◆ EXERCISE DATA ◆
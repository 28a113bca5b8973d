//! The search for a header (N1570 6.10.2).

ghost use Rattle.std.specs.Prelude.{◌≡◌, ◌++◌, ◌∷◌, [], IfOk, OnOk, OnErr, MatchOption};
ghost use Rattle.cl_base.specs.declared.headers.Known.TheVariants.{Absent};
ghost use Rattle.cl_paths.specs.Parts.{is_rooted};
ghost use Rattle.cl_headers.specs.Resolving.{Answers, ComesTo, Stops, candidates, named};

use crate::view::HeaderView;
use cl_base::{Config, Known, Mem, Path, Text};
use cl_paths::join;
use std::alloc::Global;

/// Where the search for a header ends: at a file with its text, at a path that can't be read, at one of which nothing is
/// known yet, or nowhere.
#[derive(Debug, Drop, PartialEq, Eq)]
pub enum Resolved {
    File(Path, Text),
    Failed(Path),
    Need(Path),
    Missing,
}

/// Looks for the header that a text names: in the folder `from` of that text, unless the name stands between `<` and `>`
/// (`angled`), and then in the folders of the config, in order. A name that begins with `/` is its own only candidate.
/// The first candidate that isn't absent decides, and the view is asked for the candidates up to it. After want of memory
/// the view was asked for some first candidates, all of them absent.
pub fn resolve<V: HeaderView>(
    alloc: Global,
    from: &Path,
    name: &str,
    angled: bool,
    config: &Config,
    view: &mut V,
) -> Mem<Resolved>
    ensures ok { IfOk result (λ resolved. Answers (V.known view.old) (candidates from.now name.now angled config.now.includes) (V.asked view.old) (V.asked view.new) resolved) }
    ensures err { OnErr result (Stops (V.known view.old) (candidates from.now name.now angled config.now.includes) (V.asked view.old) (V.asked view.new)) }
    ensures fixed { V.known view.new ≡ V.known view.old }
{
    if is_rooted(name) {
        let resolved = look_first(alloc, from, &[], name, view)?;
        return Ok(resolved);
    }
    if angled {
        let resolved = look_in(alloc, config.includes().as_slice(), name, view)?;
        return Ok(resolved);
    }
    let resolved = look_first(alloc, from, config.includes().as_slice(), name, view)?;
    Ok(resolved)
}

/// Whether a name begins with `/`.
pub(crate) fn is_rooted(name: &str) -> bool
    ensures { result ≡ is_rooted name.now }
{
    match name.as_bytes() {
        [first, ..] => *first == b'/',
        [] => false,
    }
}

/// Looks in a folder, and then in others in order.
fn look_first<V: HeaderView>(
    alloc: Global,
    first: &Path,
    others: &[Path],
    name: &str,
    view: &mut V,
) -> Mem<Resolved>
    ensures ok { IfOk result (λ resolved. Answers (V.known view.old) (named (first.now ∷ others.now) name.now) (V.asked view.old) (V.asked view.new) resolved) }
    ensures err { OnErr result (Stops (V.known view.old) (named (first.now ∷ others.now) name.now) (V.asked view.old) (V.asked view.new)) }
    ensures fixed { V.known view.new ≡ V.known view.old }
{
    let path = join(alloc, first, name)?;
    match look_at(alloc, path, view)? {
        Some(resolved) => Ok(resolved),
        None => {
            let resolved = look_in(alloc, others, name, view)?;
            Ok(resolved)
        }
    }
}

/// Looks in folders in order.
fn look_in<V: HeaderView>(
    alloc: Global,
    folders: &[Path],
    name: &str,
    view: &mut V,
) -> Mem<Resolved>
    ensures ok { IfOk result (λ resolved. Answers (V.known view.old) (named folders.now name.now) (V.asked view.old) (V.asked view.new) resolved) }
    ensures err { OnErr result (Stops (V.known view.old) (named folders.now name.now) (V.asked view.old) (V.asked view.new)) }
    ensures fixed { V.known view.new ≡ V.known view.old }
{
    for folder in folders {
        let path = join(alloc, folder, name)?;
        match look_at(alloc, path, view)? {
            Some(resolved) => return Ok(resolved),
            None => {}
        }
    }
    Ok(Resolved::Missing)
}

/// What a path comes to, or `None` where it is absent.
fn look_at<V: HeaderView>(alloc: Global, path: Path, view: &mut V) -> Mem<Option<Resolved>>
    ensures ok { IfOk result (λ found. MatchOption found (V.known view.old path ≡ Absent) (ComesTo path (V.known view.old path))) }
    ensures asked { OnOk result (V.asked view.new ≡ V.asked view.old ++ path ∷ []) }
    ensures err { OnErr result (V.asked view.new ≡ V.asked view.old) }
    ensures fixed { V.known view.new ≡ V.known view.old }
{
    match view.ask(alloc, &path)? {
        Known::Found(text) => Ok(Some(Resolved::File(path, text))),
        Known::Failed => Ok(Some(Resolved::Failed(path))),
        Known::Unknown => Ok(Some(Resolved::Need(path))),
        Known::Absent => Ok(None),
    }
}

◆ EXERCISE ◆
The records above should be repeated in full, exactly as given.

◆ ANSWER BOX ◆
repository 28a113bca5b8973d
//! The search for a header (N1570 6.10.2).

ghost use Rattle.std.specs.Prelude.{◌≡◌, ◌++◌, ◌∷◌, [], IfOk, OnOk, OnErr, MatchOption};
ghost use Rattle.cl_base.specs.declared.headers.Known.TheVariants.{Absent};
ghost use Rattle.cl_paths.specs.Parts.{is_rooted};
ghost use Rattle.cl_headers.specs.Resolving.{Answers, ComesTo, Stops, candidates, named};

use crate::view::HeaderView;
use cl_base::{Config, Known, Mem, Path, Text};
use cl_paths::join;
use std::alloc::Global;

/// Where the search for a header ends: at a file with its text, at a path that can't be read, at one of which nothing is
/// known yet, or nowhere.
#[derive(Debug, Drop, PartialEq, Eq)]
pub enum Resolved {
    File(Path, Text),
    Failed(Path),
    Need(Path),
    Missing,
}

/// Looks for the header that a text names: in the folder `from` of that text, unless the name stands between `<` and `>`
/// (`angled`), and then in the folders of the config, in order. A name that begins with `/` is its own only candidate.
/// The first candidate that isn't absent decides, and the view is asked for the candidates up to it. After want of memory
/// the view was asked for some first candidates, all of them absent.
pub fn resolve<V: HeaderView>(
    alloc: Global,
    from: &Path,
    name: &str,
    angled: bool,
    config: &Config,
    view: &mut V,
) -> Mem<Resolved>
    ensures ok { IfOk result (λ resolved. Answers (V.known view.old) (candidates from.now name.now angled config.now.includes) (V.asked view.old) (V.asked view.new) resolved) }
    ensures err { OnErr result (Stops (V.known view.old) (candidates from.now name.now angled config.now.includes) (V.asked view.old) (V.asked view.new)) }
    ensures fixed { V.known view.new ≡ V.known view.old }
{
    if is_rooted(name) {
        let resolved = look_first(alloc, from, &[], name, view)?;
        return Ok(resolved);
    }
    if angled {
        let resolved = look_in(alloc, config.includes().as_slice(), name, view)?;
        return Ok(resolved);
    }
    let resolved = look_first(alloc, from, config.includes().as_slice(), name, view)?;
    Ok(resolved)
}

/// Whether a name begins with `/`.
pub(crate) fn is_rooted(name: &str) -> bool
    ensures { result ≡ is_rooted name.now }
{
    match name.as_bytes() {
        [first, ..] => *first == b'/',
        [] => false,
    }
}

/// Looks in a folder, and then in others in order.
fn look_first<V: HeaderView>(
    alloc: Global,
    first: &Path,
    others: &[Path],
    name: &str,
    view: &mut V,
) -> Mem<Resolved>
    ensures ok { IfOk result (λ resolved. Answers (V.known view.old) (named (first.now ∷ others.now) name.now) (V.asked view.old) (V.asked view.new) resolved) }
    ensures err { OnErr result (Stops (V.known view.old) (named (first.now ∷ others.now) name.now) (V.asked view.old) (V.asked view.new)) }
    ensures fixed { V.known view.new ≡ V.known view.old }
{
    let path = join(alloc, first, name)?;
    match look_at(alloc, path, view)? {
        Some(resolved) => Ok(resolved),
        None => {
            let resolved = look_in(alloc, others, name, view)?;
            Ok(resolved)
        }
    }
}

/// Looks in folders in order.
fn look_in<V: HeaderView>(
    alloc: Global,
    folders: &[Path],
    name: &str,
    view: &mut V,
) -> Mem<Resolved>
    ensures ok { IfOk result (λ resolved. Answers (V.known view.old) (named folders.now name.now) (V.asked view.old) (V.asked view.new) resolved) }
    ensures err { OnErr result (Stops (V.known view.old) (named folders.now name.now) (V.asked view.old) (V.asked view.new)) }
    ensures fixed { V.known view.new ≡ V.known view.old }
{
    for folder in folders {
        let path = join(alloc, folder, name)?;
        match look_at(alloc, path, view)? {
            Some(resolved) => return Ok(resolved),
            None => {}
        }
    }
    Ok(Resolved::Missing)
}

/// What a path comes to, or `None` where it is absent.
fn look_at<V: HeaderView>(alloc: Global, path: Path, view: &mut V) -> Mem<Option<Resolved>>
    ensures ok { IfOk result (λ found. MatchOption found (V.known view.old path ≡ Absent) (ComesTo path (V.known view.old path))) }
    ensures asked { OnOk result (V.asked view.new ≡ V.asked view.old ++ path ∷ []) }
    ensures err { OnErr result (V.asked view.new ≡ V.asked view.old) }
    ensures fixed { V.known view.new ≡ V.known view.old }
{
    match view.ask(alloc, &path)? {
        Known::Found(text) => Ok(Some(Resolved::File(path, text))),
        Known::Failed => Ok(Some(Resolved::Failed(path))),
        Known::Unknown => Ok(Some(Resolved::Need(path))),
        Known::Absent => Ok(None),
    }
}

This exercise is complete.